Horizontal scaling works when any worker can process any request. The instant you need affinity, three things degrade:

  • Load balancing gets worse: one user's long session may pin them to an already-hot instance. The LB can no longer freely redistribute; a hot user lives on a hot box forever.
  • Deploys get harder: draining stateful instances requires migrating or waiting out sessions. Rolling deploys must now be choreographed with session lifetime; zero-downtime deploys require either session migration or acceptance that some users get logged out.
  • Failure recovery gets harder: when an instance dies, its resident sessions die with it unless state has been replicated somewhere.
  • Auto-scaling gets awkward: scaling in means forcibly evicting sessions or waiting. Scaling out means new instances receive no existing sessions; load is uneven until new users arrive.

The cheapest and most resilient designs keep application tiers stateless and push session state to a shared store. Sticky sessions are a middle road: cheap to implement (one LB setting), but they reintroduce single points of failure and uneven load. Twelve-factor's rule is blunt for a reason.

Concrete Example

A login-aware web app stores current_user_id and a shopping cart in process memory after sign-in.

Design A - in-process session (stateful). After logging in, the user's subsequent requests must hit the same server, or they will appear signed-out and the cart will be empty. Two instances behind a round-robin LB produce constant bugs. You cannot roll a deploy without logging everyone out.

Design B - sticky sessions. The LB hashes the session cookie and always routes that user to the same backend. Works until that backend restarts, hits a GC pause, or is removed for a deploy. Then that user is signed out. Blast radius: 1/N of users per event. Uneven load: a "whale" user (API partner with 10,000 req/s) pins their load to one box; the other N-1 boxes idle.

Design C - external session store (Redis). The session cookie stores only a session ID. Every request: the backend reads session:<id> from Redis, processes, writes back. Any instance serves any request. Deploys are free. An instance dying removes zero sessions. Typical latency overhead: <1ms if Redis is in the same AZ.

Design D - signed client-side session. Session data is encoded directly into the cookie (e.g., JWT) and signed.

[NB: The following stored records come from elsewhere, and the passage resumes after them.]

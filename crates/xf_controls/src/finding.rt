//! The nodes that controls and containers bind by where nodes stand alone: they are the same while texts change.

ghost use Rattle.std.specs.Prelude.{◌≡◌, true, length, slice_get, IfOk, OnOk};
ghost use Rattle.xf_eval.specs.Live.{AroundStands};
ghost use Rattle.xf_def_ui.specs.Interface.{interface_of};
ghost use Rattle.xf_law_bindings.specs.Fixed.{AllFixed};
ghost use Rattle.xf_controls.specs.Known.{AreHeld, AreNoted, IsNoted};
ghost use Rattle.xf_controls.specs.Plain.{is_plain};
ghost use Rattle.xf_controls.specs.Surrounded.{IsQuiet, around_in};

use crate::copy::ControlCopy;
use crate::fixed::is_fixed;
use crate::known::{Known, KnownList};
use crate::walk::controls;
use std::alloc::{AllocError, Global};
use xf_base::Items;
use xf_def_forest::NodeId;
use xf_def_syntax::Form;
use xf_def_ui::{Marks, NodeMarks};
use xf_eval::{Around, EvalFault};
use xf_form_elements::chain;
use xf_tree::Forest;

/// The nodes that the controls and containers of a plain form bind, of those that bind by where nodes stand alone. They are the same over all
/// data that differ in texts from these. An `Err` as of `controls`.
pub fn known_nodes<A: Around>(
    alloc: Global,
    form: &Form,
    forest: &Forest,
    around: &A,
) -> Result<KnownList, EvalFault>
    requires plain { is_plain (interface_of form.now) ≡ true }
    requires around { AroundStands (A.given around.now) forest.now.forest.nodes }
    requires quiet { IsQuiet (A.given around.now) }
    ensures { IfOk result (AreHeld (interface_of form.now) (around_in (A.given around.now) form.now.tables forest.now.forest.nodes)) }
{
    let nothing = Items::new(alloc);
    let copies = controls(alloc, form, forest, around, &Unmarked {}, &nothing)?;
    Ok(noted(alloc, form, copies.as_slice())?)
}

/// Nodes without properties.
struct Unmarked {}

impl NodeMarks for Unmarked {
    ghost use Rattle.xf_def_ui.specs.Copies.{no_marks};

    ghost marks_of = { λ u n. no_marks };

    fn marks(&self, _node: NodeId) -> Marks {
        Marks {
            relevant: true,
            readonly: false,
            required: false,
            valid: true,
        }
    }
}

/// The nodes of copies in no row, where the elements bind by where nodes stand.
fn noted(alloc: Global, form: &Form, copies: &[ControlCopy]) -> Result<KnownList, AllocError>
    requires { is_plain (interface_of form.now) ≡ true }
    ensures { IfOk result (AreNoted (interface_of form.now) copies.now) }
{
    let mut known = vec![in alloc; Known::Unknown; form.elements.len()]?;
    for copy in copies {
        note(alloc, form, copy, known.as_mut_slice())?;
    }
    Ok(Items::from_vec(known))
}

/// Notes the node of a copy.
fn note(
    alloc: Global,
    form: &Form,
    copy: &ControlCopy,
    known: &mut [Known],
) -> Result<(), AllocError>
    requires { is_plain (interface_of form.now) ≡ true }
    ensures { OnOk result (IsNoted (interface_of form.now) copy.now known.old known.new) }
{
    if !copy.rows.is_empty() {
        return Ok(());
    }
    if copy.element as usize >= known.len() {
        return Ok(());
    }
    let around = chain(alloc, form, copy.element)?;
    if !are_fixed(form, around.as_slice()) {
        return Ok(());
    }
    known[copy.element as usize] = Known::Is(copy.node);
    Ok(())
}

/// Whether each of these elements binds by where nodes stand.
fn are_fixed(form: &Form, elements: &[u32]) -> bool
    requires { is_plain (interface_of form.now) ≡ true }
    ensures { result ≡ true → AllFixed (interface_of form.now) elements.now }
{
    for element in elements {
        if !is_fixed(form, *element) {
            return false;
        }
    }
    true
}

No server-side store at all; any instance validates and processes. Works for small session payloads; the client pays the bandwidth and the server pays the crypto cost each request. Cannot support revocation without also carrying a revocation list.

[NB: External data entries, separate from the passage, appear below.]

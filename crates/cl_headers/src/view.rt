//! Who answers what is known of a header, and keeps what was asked.

ghost use Rattle.std.specs.Prelude.{◌≡◌, ◌++◌, ◌∷◌, [], IfOk, OnOk, OnErr};
ghost use Rattle.cl_headers.specs.Resolving.{known_of};

use crate::map::HeaderMap;
use cl_base::{Duplicate, Known, List, Mem, Path};
use std::alloc::Global;

/// What is known of headers, for one that asks path by path. What it answers never changes, and it keeps the paths that
/// were asked for.
pub trait HeaderView {
    ghost use Rattle.std.specs.Prelude.{◌≡◌, ◌++◌, ◌∷◌, [], List, ℕ, IfOk, OnOk, OnErr};
    ghost use Rattle.cl_base.specs.declared.headers.Known.{Known};

    /// What is known of each path.
    ghost known: { Self → List ℕ → Known };

    /// The paths that were asked for, in order.
    ghost asked: { Self → List (List ℕ) };

    /// What is known of a path. After want of memory it counts as not asked.
    fn ask(&mut self, alloc: Global, path: &Path) -> Mem<Known>
        ensures answer { IfOk result (λ answer. answer ≡ known self.old path.now) }
        ensures asked { OnOk result (asked self.new ≡ asked self.old ++ path.now ∷ []) }
        ensures err { OnErr result (asked self.new ≡ asked self.old) }
        ensures fixed { known self.new ≡ known self.old };
}

/// A view of a header map.
#[derive(Drop)]
pub struct MapView<'a> {
    map: &'a HeaderMap,
    asked: List<Path>,
}

impl<'a> MapView<'a> {
    /// A view of a map, of which nothing was asked.
    pub fn new(alloc: Global, map: &'a HeaderMap) -> MapView<'a>
        ensures known { ⟦<MapView<'a> as HeaderView>⟧.known result ≡ known_of map.now }
        ensures asked { ⟦<MapView<'a> as HeaderView>⟧.asked result ≡ [] }
    {
        MapView {
            map,
            asked: List::new(alloc),
        }
    }

    /// The paths that were asked for, in order.
    pub fn asked(&self) -> &List<Path>
        ensures { result.now ≡ ⟦<MapView<'a> as HeaderView>⟧.asked self.now }
    {
        &self.asked
    }
}

impl<'a> HeaderView for MapView<'a> {
    ghost known = { λ view. known_of view.map.now };

    ghost asked = { λ view. view.asked };

    fn ask(&mut self, alloc: Global, path: &Path) -> Mem<Known> {
        let known = known_in(alloc, self.map, path)?;
        self.asked.push(path.duplicate(alloc)?)?;
        Ok(known)
    }
}

/// What is known of a path: unknown where the map doesn't have it.
fn known_in(alloc: Global, map: &HeaderMap, path: &Path) -> Mem<Known>
    ensures { IfOk result (λ known. known ≡ known_of map.now path.now) }
{
    match map.get(path) {
        Some(known) => {
            let known = known.duplicate(alloc)?;
            Ok(known)
        }
        None => Ok(Known::Unknown),
    }
}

Design C is the industry default for browser-heavy workloads. Design D is common for mobile and microservice-to-microservice. Both import a new failure mode: Design C makes Redis critical infrastructure (it must be HA, backed up, and sized for peak read/write load); Design D makes the signing key critical infrastructure (if it leaks, every session is forgeable).

Production scenario (numbers). A social app serves 40,000 req/s across 60 pods. Each request reads session:<id> from Redis (~0.8ms) and writes back on 30% of requests (~0.9ms). Session-store load: 40,000 reads/s + 12,000 writes/s = 52k ops/s total. A single Redis node peaks near 100-150k ops/s, so one HA pair is enough if network latency stays sub-ms. At 2x growth they need to shard. Staleness budget: a session cookie with a 24-hour TTL and a 30s sliding refresh means a user on a new pod sees their session instantly. The right-sized cluster is ElastiCache Redis with 2 shards, cluster-mode, 3 replicas per shard; roughly $600-800/month is negligible against the deploy and recovery savings compared to sticky sessions.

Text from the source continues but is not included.